Thousands of duplicate digital images are sitting in Washington DC's overlapping public record systems — clogging servers, confusing researchers, and running up storage costs that neither city agencies nor federal partners want to absorb. The problem has sharpened this summer as the Trump administration's ongoing restructuring of the federal workforce has left key IT and records positions vacant across departments that share data infrastructure with the District.
The timing matters. Mayor Muriel Bowser's office has been pressing agencies to digitize more records as part of a broader open-government push, while simultaneous DOGE-driven cuts have reduced the number of federal archivists and IT contractors available to help deduplicate shared image databases. The result is a bottleneck that affects everything from property deed photographs stored at the DC Office of Tax and Revenue on Indiana Avenue NW to historic survey images held jointly by the National Archives and Records Administration in College Park, Maryland.

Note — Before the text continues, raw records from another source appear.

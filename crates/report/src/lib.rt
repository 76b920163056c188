// Ownship and traffic reports (001 §3.4, §3.5): two kinds, of one format.
#![tactic(auto)]

ghost use Rattle.std.specs.Prelude.{◌≡◌, ◌&&◌, ◌+◌, ◌-◌, ◌<◌, ◌≤◌, length};
ghost use Rattle.codec.specs.Writing.{Wrote};
ghost use Rattle.numbers.specs.Signed.{signed_in, field_of};
ghost use Rattle.report.specs.Marks.{knots_or, climb_or, altitude_of, speed_of, climb_of, position_of};
ghost use Rattle.c_report.specs.Flat.{position_mark, altitude_mark, altitude_steps, speed_mark, speed_knots, climb_mark, climb_steps, flat_report};
ghost use Rattle.report.specs.Bytes.{three_at, high_at, low_at, codes_in, codes_of, call_sign_in, report_in, packed, report_bytes, ownship_bytes, traffic_bytes};
ghost use Rattle.report.specs.Reading.{between, good_position, within_bits, good_report, report_read, is_report_id, ownship_read, traffic_read};

use c_report::FlatReport;
use message_types::{CallSign, Climb, Ownship, Position, Report, Speed, Traffic};
use refusals::Refusal;
use units::PressureSteps;

// The ranges of RULES 'Reports': latitude from pole to pole, climb from -509 to 509, integrity and accuracy to 11.
const SOUTH_POLE: i32 = -4194304;

const NORTH_POLE: i32 = 4194304;

const LOWEST_CLIMB: i32 = -509;

const HIGHEST_CLIMB: i32 = 509;

const LAST_INTEGRITY: u8 = 11;

const LAST_ACCURACY: u8 = 11;

pub fn read_ownship(message: &[u8]) -> Result<FlatReport, Refusal>
    ensures { result ≡ ownship_read message.now }
{
    read_report(message, Ownship::ID)
}

pub fn read_traffic(message: &[u8]) -> Result<FlatReport, Refusal>
    ensures { result ≡ traffic_read message.now }
{
    read_report(message, Traffic::ID)
}

// Of the kind with this id, of either of which a message has 28 bytes.
#[tactic(auto, unfolding(codec::specs::Reading::reading))]
pub fn read_report(message: &[u8], id: u8) -> Result<FlatReport, Refusal>
    ensures { result ≡ report_read id message.now }
{
    // each kind's length is the other's
    let ownship: &[u8; Ownship::LENGTH] = codec::fit(message, id)?;
    let bytes: &[u8; Traffic::LENGTH] = ownship;
    if !holds_good_report(bytes) {
        return Err(Refusal::BadField);
    }
    Ok(numbers_in(bytes))
}

// What the bytes can hold of a report that is not good: a latitude, a climb, an integrity or an accuracy outside its range.
fn holds_good_report(message: &[u8; 28]) -> bool
    ensures { result ≡ good_report (report_in message.now) }
{
    let quality = message[13];
    let latitude = signed_in(three_at(message, 5), 0x800000);
    let (_, climb) = climb_in(low_at(message, 15));
    (is_between(latitude, SOUTH_POLE, NORTH_POLE) & is_between(climb, LOWEST_CLIMB, HIGHEST_CLIMB))
        & ((quality / 16 <= LAST_INTEGRITY) & (quality % 16 <= LAST_ACCURACY))
}

// The report that the bytes hold, as a struct of numbers. A position that is none has latitude and longitude 0 in the bytes too.
fn numbers_in(message: &[u8; 28]) -> FlatReport
    ensures { result ≡ flat_report (report_in message.now) }
{
    let codes = codes_in(message);
    let (altitude_mark, altitude) = altitude_in(codes.altitude);
    let (speed_mark, speed) = speed_in(codes.speed);
    let (climb_mark, climb) = climb_in(codes.climb);
    let target = message[1];
    let quality = message[13];
    let last = message[27];
    FlatReport {
        alert: target / 16,
        address_type: target % 16,
        address: three_at(message, 2),
        position_mark: position_mark(codes.latitude, codes.longitude, quality / 16),
        latitude: signed_in(codes.latitude, 0x800000),
        longitude: signed_in(codes.longitude, 0x800000),
        altitude_mark,
        altitude,
        track_kind: codes.kind,
        extrapolated: codes.extrapolated == 1,
        airborne: codes.airborne == 1,
        integrity: quality / 16,
        accuracy: quality % 16,
        speed_mark,
        speed,
        climb_mark,
        climb,
        track: message[17],
        emitter: message[18],
        call_sign: call_sign_in(message),
        priority: last / 16,
        spare: last % 16,
    }
}

// A field's mark, and the number beside it, which is 0 with a mark.
#[tactic(auto, unfolding(crate::specs::Marks::position_of))]
fn position_mark(latitude: u32, longitude: u32, integrity: u8) -> u8
    ensures { result ≡ position_mark (position_of latitude longitude integrity) }
{
    if latitude == 0 && longitude == 0 && integrity == 0 {
        1
    } else {
        0
    }
}

#[tactic(auto, unfolding(crate::specs::Marks::altitude_of))]
fn altitude_in(code: u16) -> (u8, PressureSteps)
    ensures { result ≡ (altitude_mark (altitude_of code), altitude_steps (altitude_of code)) }
{
    match code {
        0xFFF => (1, PressureSteps { steps: 0 }),
        steps => (0, PressureSteps { steps }),
    }
}

#[tactic(auto, unfolding(crate::specs::Marks::speed_of))]
fn speed_in(code: u16) -> (u8, u16)
    ensures { result ≡ (speed_mark (speed_of code), speed_knots (speed_of code)) }
{
    match code {
        0xFFF => (1, 0),
        0xFFE => (2, 0),
        knots => (0, knots),
    }
}

// The climb's marks are 0x1FE, 0xE02 and 0x800.
#[tactic(auto, unfolding(crate::specs::Marks::climb_of))]
fn climb_in(code: u32) -> (u8, i32)
    ensures { result ≡ (climb_mark (climb_of code), climb_steps (climb_of code)) }
{
    match code {
        0x800 => (1, 0),
        0x1FE => (2, 0),
        0xE02 => (3, 0),
        steps => (0, signed_in(steps, 0x800)),
    }
}

pub fn write_ownship(ownship: Ownship, out: &mut [u8]) -> Result<usize, Refusal>
    ensures { Wrote (good_report ownship.report) (ownship_bytes ownship) out.old result out.new }
{
    write_report(Ownship::ID, ownship.report, out)
}

pub fn write_traffic(traffic: Traffic, out: &mut [u8]) -> Result<usize, Refusal>
    ensures { Wrote (good_report traffic.report) (traffic_bytes traffic) out.old result out.new }
{
    write_report(Traffic::ID, traffic.report, out)
}

// Of either kind: an id that is neither's is a field outside its range.
pub fn write_report(id: u8, report: Report, out: &mut [u8]) -> Result<usize, Refusal>
    ensures { Wrote (is_report_id id && good_report report) (report_bytes id report) out.old result out.new }
{
    if !is_report_id(id) || !is_good_report(report) {
        return Err(Refusal::BadField);
    }
    let codes = codes_of(report);
    let bytes = packed_report(id, report, codes);
    codec::put(&bytes, out)
}

fn is_report_id(id: u8) -> bool
    ensures { result ≡ is_report_id id }
{
    matches!(id, Ownship::ID | Traffic::ID)
}

#[tactic(auto, unfolding(crate::specs::Reading::good_report))]
fn is_good_report(report: Report) -> bool
    ensures { result ≡ good_report report }
{
    is_good_position(report.position, report.integrity)
        && report.altitude.unwrap_or(PressureSteps { steps: 0 }).steps < 0xFFF
        && knots_or(report.speed, 0, 0) < 0xFFE
        && is_between(climb_or(report.climb, 0, 0, 0), LOWEST_CLIMB, HIGHEST_CLIMB)
        && is_within_bits(report)
}

fn is_within_bits(report: Report) -> bool
    ensures { result ≡ within_bits report }
{
    report.integrity <= LAST_INTEGRITY
        && report.accuracy <= LAST_ACCURACY
        && report.alert < 16
        && report.address_type < 16
        && report.address < 0x1000000
        && report.priority < 16
        && report.spare < 16
}

// None exactly if latitude, longitude and integrity are all 0.
#[tactic(auto, unfolding(crate::specs::Reading::good_position))]
fn is_good_position(position: Option<Position>, integrity: u8) -> bool
    ensures { result ≡ good_position position integrity }
{
    match position {
        None => integrity == 0,
        Some(at) => {
            is_between(at.latitude, SOUTH_POLE, NORTH_POLE)
                && is_between(at.longitude, -8388608, 8388607)
                && (at.latitude != 0 || at.longitude != 0 || integrity != 0)
        }
    }
}

fn is_between(n: i32, low: i32, high: i32) -> bool
    ensures { result ≡ between low high n }
{
    (low..=high).contains(&n)
}

// The numbers that stand in the bytes for the fields with a sign, a mark or a name. Flags are numbers here as the rest: as `bool`s they
// were tested going in and turned back into numbers going out, which is no plainer.
#[derive(Clone, Copy)]
struct Codes {
    latitude: u32,
    longitude: u32,
    altitude: u16,
    kind: u8,
    extrapolated: u8,
    airborne: u8,
    speed: u16,
    climb: u32,
}

fn codes_in(message: &[u8; 28]) -> Codes
    ensures { result ≡ codes_in message.now }
{
    let indicators = message[12];
    Codes {
        latitude: three_at(message, 5),
        longitude: three_at(message, 8),
        altitude: high_at(message, 11),
        kind: indicators % 4,
        extrapolated: indicators / 4 % 2,
        airborne: indicators / 8 % 2,
        speed: high_at(message, 14),
        climb: low_at(message, 15),
    }
}

#[tactic(auto, unfolding(crate::specs::Bytes::codes_of))]
fn codes_of(report: Report) -> Codes
    ensures { result ≡ codes_of report }
{
    let nowhere = Position {
        latitude: 0,
        longitude: 0,
    };
    let at = report.position.unwrap_or(nowhere);
    Codes {
        latitude: field_of(at.latitude, 0x800000),
        longitude: field_of(at.longitude, 0x800000),
        altitude: report
            .altitude
            .unwrap_or(PressureSteps { steps: 0xFFF })
            .steps,
        kind: c_report::track_number(report.track_kind),
        extrapolated: u8::from(report.extrapolated),
        airborne: u8::from(report.airborne),
        speed: knots_or(report.speed, 0xFFE, 0xFFF),
        climb: field_of(climb_or(report.climb, 510, -510, -2048), 0x800),
    }
}

fn packed_report(id: u8, report: Report, c: Codes) -> [u8; 28]
    ensures { result ≡ packed id report c }
{
    let sign = report.call_sign;
    let [_, address0, address1, address2] = report.address.to_be_bytes();
    let [_, latitude0, latitude1, latitude2] = c.latitude.to_be_bytes();
    let [_, longitude0, longitude1, longitude2] = c.longitude.to_be_bytes();
    [
        id,
        report.alert % 16 * 16 + report.address_type % 16,
        address0,
        address1,
        address2,
        latitude0,
        latitude1,
        latitude2,
        longitude0,
        longitude1,
        longitude2,
        (c.altitude / 16 % 256) as u8,
        (c.altitude % 16 * 16) as u8 + (c.airborne % 2 * 8 + c.extrapolated % 2 * 4 + c.kind % 4),
        report.integrity % 16 * 16 + report.accuracy % 16,
        (c.speed / 16 % 256) as u8,
        (c.speed % 16 * 16) as u8 + (c.climb / 256 % 16) as u8,
        (c.climb % 256) as u8,
        report.track,
        report.emitter,
        sign.0,
        sign.1,
        sign.2,
        sign.3,
        sign.4,
        sign.5,
        sign.6,
        sign.7,
        report.priority % 16 * 16 + report.spare % 16,
    ]
}

fn call_sign_in(message: &[u8; 28]) -> CallSign
    ensures { result ≡ call_sign_in message.now }
{
    CallSign(
        message[19],
        message[20],
        message[21],
        message[22],
        message[23],
        message[24],
        message[25],
        message[26],
    )
}

// Three bytes, high first.
fn three_at(message: &[u8; 28], at: usize) -> u32
    requires { at + 2 < 28 }
    ensures { result ≡ three_at message.now at }
{
    u32::from_be_bytes([0, message[at], message[at + 1], message[at + 2]])
}

// Twelve bits, high first: a byte and the next one's high half, or a byte's low half and the next one.
fn high_at(message: &[u8; 28], at: usize) -> u16
    requires { at + 1 < 28 }
    ensures { result ≡ high_at message.now at }
{
    u16::from_be_bytes([message[at], message[at + 1]]) / 16
}

fn low_at(message: &[u8; 28], at: usize) -> u32
    requires { at + 1 < 28 }
    ensures { result ≡ low_at message.now at }
{
    (u16::from_be_bytes([message[at], message[at + 1]]) % 4096) as u32
}

fn knots_or(speed: Speed, over: u16, none: u16) -> u16
    ensures { result ≡ knots_or speed over none }
{
    match speed {
        Speed::Knots(n) => n,
        Speed::Over => over,
        Speed::None => none,
    }
}

fn climb_or(climb: Climb, above: i32, below: i32, none: i32) -> i32
    ensures { result ≡ climb_or climb above below none }
{
    match climb {
        Climb::Steps(n) => n,
        Climb::Above => above,
        Climb::Below => below,
        Climb::None => none,
    }
}

// A field as a signed number: `half` is the weight of its sign bit.
fn signed_in(field: u32, half: u32) -> i32
    requires half_nonzero { 0 < half }
    requires half_bound { half ≤ 0x800000 }
    ensures { result ≡ signed_in half field }
{
    if field < half {
        return field as i32;
    }
    !((2 * half - 1).saturating_sub(field) as i32)
}

fn field_of(n: i32, half: u32) -> u32
    requires half_nonzero { 0 < half }
    requires half_bound { half ≤ 0x800000 }
    ensures { result ≡ field_of half n }
{
    if n < 0 {
        return (2 * half).saturating_sub(n.unsigned_abs());
    }
    n.unsigned_abs()
}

What the Backlog Looks Like on the Ground
The DC Office of the Chief Technology Officer, based at One Judiciary Square, has acknowledged the deduplication problem is not new — but the scale has grown. Agencies that digitized paper records in waves between 2018 and 2023 often lacked consistent metadata standards, meaning the same scanned photograph can appear under multiple file names, across multiple directories, with no automated flag to catch the overlap. Storage costs for government cloud contracts are not trivial: commercial cloud storage for large image archives typically runs between $0.02 and $0.023 per gigabyte per month under GSA schedule rates, and a single poorly managed digitization project can generate terabytes of redundant data within months.
The DC History Center on Massachusetts Avenue NW, which digitized portions of its photograph collection in partnership with the Library of Congress between 2020 and 2022, has dealt with its own version of the problem. Duplicate image files create confusion for researchers pulling records remotely — a challenge that has only grown since the center expanded its online portal to outside users in early 2024.
At the federal level, NARA has been working under a mandate, set by the Office of Management and Budget, to shift to fully electronic records management. That mandate carried a target date of December 31, 2022 for most permanent records — a deadline that came and went with many agencies still ingesting paper backlogs. Deduplication was never explicitly required under the mandate's technical standards, leaving agencies to set their own protocols, or none at all.
The Decisions Coming This Fall
Three choices now sit in front of DC and federal decision-makers, and the answers will shape public access to government imagery for years.
First, the DC OCTO must decide whether to fund a dedicated deduplication audit — estimated by comparable city-level projects in Chicago and New York at roughly $200,000 to $400,000 depending on data volume — or continue with piecemeal agency-by-agency cleanup. Second, the National Archives must determine which shared datasets with District agencies fall under federal jurisdiction and which are the city's responsibility to maintain. That boundary question has no clean legal answer right now. Third, agencies must choose a deduplication tool: open-source options like Apache Tika are available but require technical staffing that has thinned considerably under the current federal hiring freeze.
For residents and researchers who rely on public image archives — journalists filing FOIA requests for surveillance footage, historians working out of the MLK Memorial Library on G Street NW, or developers pulling permit photographs for properties in rapidly changing neighborhoods like Anacostia and NoMa — the practical stakes are real. Duplicate records slow retrieval, inflate response times for public records requests, and in some cases produce conflicting versions of the same document.
The next scheduled interagency working group on DC digital records is expected to convene in September 2026. If city and federal officials arrive without a agreed-upon deduplication standard, the backlog will keep growing — and so will the bill for storing files that should have been flagged and removed years ago.